> _Listed entries_
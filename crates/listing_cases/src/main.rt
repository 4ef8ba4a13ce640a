// Prints, for each file that an argument names, the name and the listing of the image in it.
#![tactic(auto)]

use std::env::FillError;
use std::fs::File;
use std::io::Read;
use std::rt::{Env, Files};
use std::{io, str};

// Room for one byte more than an image may have, so that a longer one is seen.
fn image_buffer() -> [u8; 65537] {
    [0; 65537]
}

fn list_image<R: Read>(rt: &impl Print, file: &mut R) -> io::Result<()> {
    let mut image = image_buffer();
    let mut rest = &mut image[..];
    let got = io::copy(&mut file.by_ref().take(65537), &mut rest)?;
    let n = (got as usize).min(image.len());
    let mut out = [0u8; 65536];
    let end = report::listing_of(&image[..n], &mut out);
    rt.write_all(&out[..end])
}

// A name that is not UTF-8 opens no file.
fn list_file(rt: &(impl Files + Print + Eprint), path: &[u8]) -> io::Result<()> {
    rt.write_all(path)?;
    println!(rt;)?;
    let name = match str::from_utf8(path) {
        Ok(name) => name,
        Err(error) => return eprintln!(rt; "{error}"),
    };
    match File::open(rt, name) {
        Ok(mut file) => list_image(rt, &mut file),
        Err(error) => eprintln!(rt; "{name}: {error}"),
    }
}

fn main(rt: HostRuntime) -> io::Result<()> {
    let mut path = [0u8; 4096];
    for i in 1..usize::MAX {
        match rt.arg(i, &mut path) {
            Ok(length) => list_file(&rt, &path[..length])?,
            // no path is so long
            Err(FillError::TooLong) => list_file(&rt, b"")?,
            Err(FillError::NotPresent) => break,
        }
    }
    Ok(())
}
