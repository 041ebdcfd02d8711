ghost use Rattle.std.specs.Prelude.{◌≡◌, [], None};
ghost use Rattle.std.proofs.Common.{rules};
ghost use Rattle.act1_outside.specs.Faults.{next_count};

use crate::helpers::{HelperFault, Helpers};
use std::alloc::Global;

/// No helpers: each start fails and is counted, no ticket is ever open, and no story is told.
#[derive(Debug, Drop)]
pub struct NoHelpers {
    faults: u64,
}

// The count with one fault more; it stops at the greatest `u64`.
fn one_more(faults: u64) -> u64
    ensures { result ≡ next_count faults }
{
    faults.saturating_add(1)
}

impl NoHelpers {
    ghost use Rattle.act1_outside.specs.NoHelpers.{bench_of};

    /// No fault is counted, and the next ticket is 0. It takes no memory.
    pub fn new() -> NoHelpers
        ensures { bench_of result ≡ record { open_tickets = []; next = 0; faults = 0; story = None } }
    {
        NoHelpers { faults: 0 }
    }
}

impl Helpers for NoHelpers {
    ghost use Rattle.std.specs.Prelude.{IsErrOf};
    ghost use Rattle.act1_outside.specs.Outside.{Starts, Finishes};
    ghost use Rattle.act1_outside.specs.NoHelpers.{bench_of};

    ghost seen = { bench_of };

    /// Always `Failed`, and counted.
    fn start(&mut self, program: &str, job: &[u8]) -> Result<u64, HelperFault>
        ensures starts { Starts program.now job.now (bench_of self.old) result (bench_of self.new) }
        ensures fails { IsErrOf result HelperFault.Failed }
        ensures faults { (bench_of self.new).faults ≡ next_count (bench_of self.old).faults }
    {
        self.faults = one_more(self.faults);
        Err(HelperFault::Failed)
    }

    /// Always `Failed`, and counted. No caller of the trait's method comes here, since no ticket is
    /// ever open.
    fn finish(&mut self, alloc: Global, ticket: u64) -> Result<Vec<u8>, HelperFault>
        ensures finishes { Finishes ticket (bench_of self.old) result (bench_of self.new) }
        ensures fails { IsErrOf result HelperFault.Failed }
        ensures faults { (bench_of self.new).faults ≡ next_count (bench_of self.old).faults }
    {
        self.faults = one_more(self.faults);
        Err(HelperFault::Failed)
    }

    ghost next_above = { Prim.search rules };
}
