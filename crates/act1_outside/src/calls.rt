ghost use Rattle.std.specs.Prelude.{◌≡◌, [], OnOk, OnErr};

use act1_base::{Items, Memory};
use std::alloc::Global;

/// The calls of an object in memory: how many were made, and the numbers of those that are to
/// fail. Calls are counted from 1, and the count stops at the greatest `u64`.
#[derive(Debug, Drop)]
pub struct Calls {
    /// How many calls were made.
    pub made: u64,
    /// The numbers of the calls that are to fail, in any order.
    pub failing: Items<u64>,
}

impl Calls {
    ghost use Rattle.act1_outside.specs.Calls.{next_fails, one_more, with_failing};

    /// No call was made and none is to fail. It takes no memory.
    pub fn new(alloc: Global) -> Calls
        ensures { result ≡ record { made = 0; failing = [] } }
    {
        Calls {
            made: 0,
            failing: Items::new(alloc),
        }
    }

    /// Lists a call that is to fail. After `Memory` nothing has changed.
    pub fn fail(&mut self, call: u64) -> Result<(), Memory>
        ensures ok { OnOk result (self.new ≡ with_failing call self.old) }
        ensures err { OnErr result (self.new ≡ self.old) }
    {
        self.failing.push(call)
    }

    /// Counts a call, and tells whether it is to fail.
    pub fn count(&mut self) -> bool
        ensures fails { result ≡ next_fails self.old }
        ensures counted { self.new ≡ one_more self.old }
    {
        self.made = self.made.saturating_add(1);
        self.failing.as_slice().contains(&self.made)
    }
}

> _Directions_
Word for word, restate every record in the listing.

> _Written solution_
filename crates/listing_cases/src/main.rt
repository 4ef8ba4a13ce640a
// Prints, for each file that an argument names, the name and the listing of the image in it.
#![tactic(auto)]

use std::env::FillError;
use std::fs::File;
use std::io::Read;
use std::rt::{Env, Files};
use std::{io, str};

// Room for one byte more than an image may have, so that a longer one is seen.
fn image_buffer() -> [u8; 65537] {
    [0; 65537]
}

fn list_image<R: Read>(rt: &impl Print, file: &mut R) -> io::Result<()> {
    let mut image = image_buffer();
    let mut rest = &mut image[..];
    let got = io::copy(&mut file.by_ref().take(65537), &mut rest)?;
    let n = (got as usize).min(image.len());
    let mut out = [0u8; 65536];
    let end = report::listing_of(&image[..n], &mut out);
    rt.write_all(&out[..end])
}

// A name that is not UTF-8 opens no file.
fn list_file(rt: &(impl Files + Print + Eprint), path: &[u8]) -> io::Result<()> {
    rt.write_all(path)?;
    println!(rt;)?;
    let name = match str::from_utf8(path) {
        Ok(name) => name,
        Err(error) => return eprintln!(rt; "{error}"),
    };
    match File::open(rt, name) {
        Ok(mut file) => list_image(rt, &mut file),
        Err(error) => eprintln!(rt; "{name}: {error}"),
    }
}

fn main(rt: HostRuntime) -> io::Result<()> {
    let mut path = [0u8; 4096];
    for i in 1..usize::MAX {
        match rt.arg(i, &mut path) {
            Ok(length) => list_file(&rt, &path[..length])?,
            // no path is so long
            Err(FillError::TooLong) => list_file(&rt, b"")?,
            Err(FillError::NotPresent) => break,
        }
    }
    Ok(())
}
repository 041ebdcfd02d8711
ghost use Rattle.std.specs.Prelude.{◌≡◌, [], None};
ghost use Rattle.std.proofs.Common.{rules};
ghost use Rattle.act1_outside.specs.Faults.{next_count};

use crate::helpers::{HelperFault, Helpers};
use std::alloc::Global;

/// No helpers: each start fails and is counted, no ticket is ever open, and no story is told.
#[derive(Debug, Drop)]
pub struct NoHelpers {
    faults: u64,
}

// The count with one fault more; it stops at the greatest `u64`.
fn one_more(faults: u64) -> u64
    ensures { result ≡ next_count faults }
{
    faults.saturating_add(1)
}

impl NoHelpers {
    ghost use Rattle.act1_outside.specs.NoHelpers.{bench_of};

    /// No fault is counted, and the next ticket is 0. It takes no memory.
    pub fn new() -> NoHelpers
        ensures { bench_of result ≡ record { open_tickets = []; next = 0; faults = 0; story = None } }
    {
        NoHelpers { faults: 0 }
    }
}

impl Helpers for NoHelpers {
    ghost use Rattle.std.specs.Prelude.{IsErrOf};
    ghost use Rattle.act1_outside.specs.Outside.{Starts, Finishes};
    ghost use Rattle.act1_outside.specs.NoHelpers.{bench_of};

    ghost seen = { bench_of };

    /// Always `Failed`, and counted.
    fn start(&mut self, program: &str, job: &[u8]) -> Result<u64, HelperFault>
        ensures starts { Starts program.now job.now (bench_of self.old) result (bench_of self.new) }
        ensures fails { IsErrOf result HelperFault.Failed }
        ensures faults { (bench_of self.new).faults ≡ next_count (bench_of self.old).faults }
    {
        self.faults = one_more(self.faults);
        Err(HelperFault::Failed)
    }

    /// Always `Failed`, and counted. No caller of the trait's method comes here, since no ticket is
    /// ever open.
    fn finish(&mut self, alloc: Global, ticket: u64) -> Result<Vec<u8>, HelperFault>
        ensures finishes { Finishes ticket (bench_of self.old) result (bench_of self.new) }
        ensures fails { IsErrOf result HelperFault.Failed }
        ensures faults { (bench_of self.new).faults ≡ next_count (bench_of self.old).faults }
    {
        self.faults = one_more(self.faults);
        Err(HelperFault::Failed)
    }

    ghost next_above = { Prim.search rules };
}
filename crates/act1_outside/src/calls.rt
ghost use Rattle.std.specs.Prelude.{◌≡◌, [], OnOk, OnErr};

use act1_base::{Items, Memory};
use std::alloc::Global;

/// The calls of an object in memory: how many were made, and the numbers of those that are to
/// fail. Calls are counted from 1, and the count stops at the greatest `u64`.
#[derive(Debug, Drop)]
pub struct Calls {
    /// How many calls were made.
    pub made: u64,
    /// The numbers of the calls that are to fail, in any order.
    pub failing: Items<u64>,
}

impl Calls {
    ghost use Rattle.act1_outside.specs.Calls.{next_fails, one_more, with_failing};

    /// No call was made and none is to fail. It takes no memory.
    pub fn new(alloc: Global) -> Calls
        ensures { result ≡ record { made = 0; failing = [] } }
    {
        Calls {
            made: 0,
            failing: Items::new(alloc),
        }
    }

    /// Lists a call that is to fail. After `Memory` nothing has changed.
    pub fn fail(&mut self, call: u64) -> Result<(), Memory>
        ensures ok { OnOk result (self.new ≡ with_failing call self.old) }
        ensures err { OnErr result (self.new ≡ self.old) }
    {
        self.failing.push(call)
    }

    /// Counts a call, and tells whether it is to fail.
    pub fn count(&mut self) -> bool
        ensures fails { result ≡ next_fails self.old }
        ensures counted { self.new ≡ one_more self.old }
    {
        self.made = self.made.saturating_add(1);
        self.failing.as_slice().contains(&self.made)
    }
}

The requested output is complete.